Les partis membres de Bennoo Siggil Senegaal n’accepteront pas d‘être les victimes expiatoires des ambitions mégalomaniaques d’un homme que le suffrage des Sénégalais a porté au pouvoir et qui se propose de le confisquer pour ses héritiers. Sa volonté affichée de s’accrocher à un pouvoir qu’il veut personnel et absolu, comme si tout le mouvement du pays ne devait être tributaire que de la satisfaction de ses rêves de perpétuation dynastique,   nous impose de faire face pour ne pas permettre sa  réalisation.

Les démocraties ont toujours été à la merci du premier intriguant parvenu au pouvoir qui n’hésite pas à s affranchir des règles du jeu démocratique pour assouvir leurs appétits de puissance et de domination. Le temps est venu de ne plus seulement avoir du courage, mais de se montrer courageux car si nous ne réagissons pas vigoureusement à la chape de plomb qui descend sur le SENEGAL, alors nous auront mérité ce qui adviendra.

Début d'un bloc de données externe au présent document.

//! What the filter is: its sequential object, and what its words mean.

ghost use Rattle.bcl_phase.specs.Views.{opened};
ghost use Rattle.bcl_phase.specs.Rule.{Kept};
ghost use Rattle.bcl_bloom.specs.Bloom.{ranks, start, next, permits, fits};
ghost use Rattle.bcl_words.specs.Words.{is_fit};

use atomic_table::TableRule;
use bcl_event::{FilterCall, FilterReply};
use bcl_phase::{Any, Grants, Phased, Settles, View};
use bcl_segment::{Layout, Rule};
use bcl_words::Object;
use std::collections::LinkedList;
use std::marker::PhantomData;

/// A list of words, as events name a key.
pub type Words = LinkedList<u64>;

/// The rule of a Bloom filter of keys of one type. What is fixed when it is made is its layout, each place of which is a
/// block of 64 marks.
pub struct Filter<K> {
    of: PhantomData<K>,
}

impl<K: Object> TableRule<(), View<FilterCall<Words>, FilterReply, (), Layout>, Layout>
    for Filter<K> {
    ghost holds = { Kept ranks start (next K.WORDS) permits (fits K.WORDS) };

    ghost first = { λ k. opened k (ranks k) tt };
}

impl<K: Object> Rule for Filter<K> {
    type View = View<FilterCall<Words>, FilterReply, (), Layout>;

    type Key = Layout;
}

impl<K: Object> Phased for Filter<K> {
    ghost use Rattle.std.specs.Prelude.{true, refl};

    type Call = FilterCall<Words>;

    type Reply = FilterReply;

    type State = LinkedList<Words>;

    type Note = ();

    ghost ranks = { ranks };

    ghost heads = { λ _. 0 };

    ghost layout = { λ layout. layout };

    ghost sound = { λ _. is_fit K.WORDS };

    ghost start = { start };

    ghost next = { next K.WORDS };

    ghost permits = { permits };

    ghost rest = { tt };

    ghost idle = { λ _ _. true };

    ghost rests = { λ _. refl };

    ghost fits = { fits K.WORDS };

    ghost admits = { λ k p ws t xs few fit. fit };

    ghost releases = { λ k p ws t xs y idle fit. fit };

    ghost begins = { λ k q ws t fit. fit };

    ghost from = { λ k s kept. kept };

    ghost back = { λ k s kept. kept };

    ghost opens = { λ k. refl };
}

impl<K: Object> Settles for Filter<K> {
    ghost settles = { λ k p ws t fit. fit };
}

impl<K: Object> Grants<Any> for Filter<K> {}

Il faut arrêter le régime de Abdoulaye Wade, la sauvegarde de nos acquis démocratiques et le devenir même de notre Nation qui en  dépendent, nous condamnent à nous tenir prêts à consentir les sacrifices nécessaires pour obliger Abdoulaye WADE à organiser des élections libres, transparentes et démocratiques. Plus que la liberté, il faut se tenir prêt à engager la vie pour ce combat.

Dans l’optique de ce combat devenu inévitable et légitime en vertu du droit inaliénable de tous les peuples à résister à l’oppression, les partis membres de la coalition Bennoo Siggil Senegaal invitent les Sénégalais à soutenir cette lutte car les régimes autoritaires ne trouvent d’adversaires à leur mesure que lorsque le peuple décide de relever le défi. Le moment est venu pour le peuple sénégalais de ne plus considérer la bataille pour la survie et la consolidation de notre modèle démocratique comme l’apanage des partis politiques, mais comme l’affaire de tous et de chaque citoyen. /.